━━━━━ SUPPLIED MATERIAL

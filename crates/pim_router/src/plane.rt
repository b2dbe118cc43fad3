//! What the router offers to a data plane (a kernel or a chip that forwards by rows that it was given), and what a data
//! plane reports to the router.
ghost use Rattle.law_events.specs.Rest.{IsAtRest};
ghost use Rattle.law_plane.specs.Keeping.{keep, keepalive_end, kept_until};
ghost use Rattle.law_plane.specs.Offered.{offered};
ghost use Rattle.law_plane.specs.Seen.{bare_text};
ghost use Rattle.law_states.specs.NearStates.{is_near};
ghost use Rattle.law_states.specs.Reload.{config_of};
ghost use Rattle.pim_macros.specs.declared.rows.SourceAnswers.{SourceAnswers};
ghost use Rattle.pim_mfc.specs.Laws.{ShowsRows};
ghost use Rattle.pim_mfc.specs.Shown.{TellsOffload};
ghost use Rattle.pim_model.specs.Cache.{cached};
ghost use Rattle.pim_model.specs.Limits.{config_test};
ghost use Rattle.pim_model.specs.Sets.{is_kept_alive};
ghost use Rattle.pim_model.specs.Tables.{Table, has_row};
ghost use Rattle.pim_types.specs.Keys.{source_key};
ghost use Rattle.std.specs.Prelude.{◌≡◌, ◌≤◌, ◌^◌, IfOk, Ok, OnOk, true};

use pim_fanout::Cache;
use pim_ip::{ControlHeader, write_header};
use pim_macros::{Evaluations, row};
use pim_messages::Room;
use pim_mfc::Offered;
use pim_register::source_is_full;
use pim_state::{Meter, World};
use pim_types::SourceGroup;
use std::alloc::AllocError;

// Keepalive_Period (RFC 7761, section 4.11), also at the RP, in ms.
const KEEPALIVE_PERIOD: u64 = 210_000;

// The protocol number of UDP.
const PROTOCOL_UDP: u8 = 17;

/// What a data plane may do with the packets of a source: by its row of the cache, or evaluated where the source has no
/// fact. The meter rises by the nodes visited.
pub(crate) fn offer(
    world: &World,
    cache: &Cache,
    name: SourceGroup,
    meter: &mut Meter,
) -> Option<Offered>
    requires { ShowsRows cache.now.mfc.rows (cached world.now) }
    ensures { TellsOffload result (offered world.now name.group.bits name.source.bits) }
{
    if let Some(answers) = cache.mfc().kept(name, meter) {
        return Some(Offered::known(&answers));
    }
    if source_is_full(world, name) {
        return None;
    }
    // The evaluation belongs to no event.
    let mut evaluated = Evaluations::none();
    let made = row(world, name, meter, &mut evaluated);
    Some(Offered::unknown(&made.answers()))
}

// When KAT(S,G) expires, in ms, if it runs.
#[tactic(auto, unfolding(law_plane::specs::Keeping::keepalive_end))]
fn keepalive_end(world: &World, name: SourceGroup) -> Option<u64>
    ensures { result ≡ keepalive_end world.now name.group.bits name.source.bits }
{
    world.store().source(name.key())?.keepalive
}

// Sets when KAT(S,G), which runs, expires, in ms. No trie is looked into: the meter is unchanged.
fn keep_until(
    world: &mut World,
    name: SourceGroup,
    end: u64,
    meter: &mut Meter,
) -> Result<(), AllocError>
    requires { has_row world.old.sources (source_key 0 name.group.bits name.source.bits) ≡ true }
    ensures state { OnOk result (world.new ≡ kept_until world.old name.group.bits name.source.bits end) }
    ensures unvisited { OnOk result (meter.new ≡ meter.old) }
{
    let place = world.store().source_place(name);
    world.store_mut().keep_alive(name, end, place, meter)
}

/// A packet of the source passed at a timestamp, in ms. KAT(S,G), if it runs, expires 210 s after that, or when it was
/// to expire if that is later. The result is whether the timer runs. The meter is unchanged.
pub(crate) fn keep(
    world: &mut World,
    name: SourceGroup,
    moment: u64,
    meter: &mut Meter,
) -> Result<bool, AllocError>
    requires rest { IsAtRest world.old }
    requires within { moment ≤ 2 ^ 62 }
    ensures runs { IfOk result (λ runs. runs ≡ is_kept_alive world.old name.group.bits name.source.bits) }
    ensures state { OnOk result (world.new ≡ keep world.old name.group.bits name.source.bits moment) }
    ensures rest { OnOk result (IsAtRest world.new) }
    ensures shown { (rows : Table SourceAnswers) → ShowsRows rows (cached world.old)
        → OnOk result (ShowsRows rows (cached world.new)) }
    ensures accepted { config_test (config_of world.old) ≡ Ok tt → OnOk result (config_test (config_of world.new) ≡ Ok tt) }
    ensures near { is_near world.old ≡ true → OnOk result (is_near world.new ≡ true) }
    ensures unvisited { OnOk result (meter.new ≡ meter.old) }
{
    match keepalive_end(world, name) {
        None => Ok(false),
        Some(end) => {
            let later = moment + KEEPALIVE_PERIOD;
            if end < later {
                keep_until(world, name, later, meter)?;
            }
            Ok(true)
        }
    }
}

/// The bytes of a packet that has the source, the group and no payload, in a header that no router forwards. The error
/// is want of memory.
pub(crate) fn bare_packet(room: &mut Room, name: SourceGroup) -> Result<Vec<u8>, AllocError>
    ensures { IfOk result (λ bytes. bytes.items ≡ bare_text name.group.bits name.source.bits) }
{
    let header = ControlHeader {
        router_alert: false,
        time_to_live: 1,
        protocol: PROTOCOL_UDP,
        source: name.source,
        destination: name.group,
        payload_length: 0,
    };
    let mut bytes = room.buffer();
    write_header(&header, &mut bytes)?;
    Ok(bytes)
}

━━━━━━━━━━

*YOUR OBJECTIVE*
Say how many lines of the entries hold the string "Evaluations". Nothing but the number should be given.

*ANSWER TO THIS TASK*
2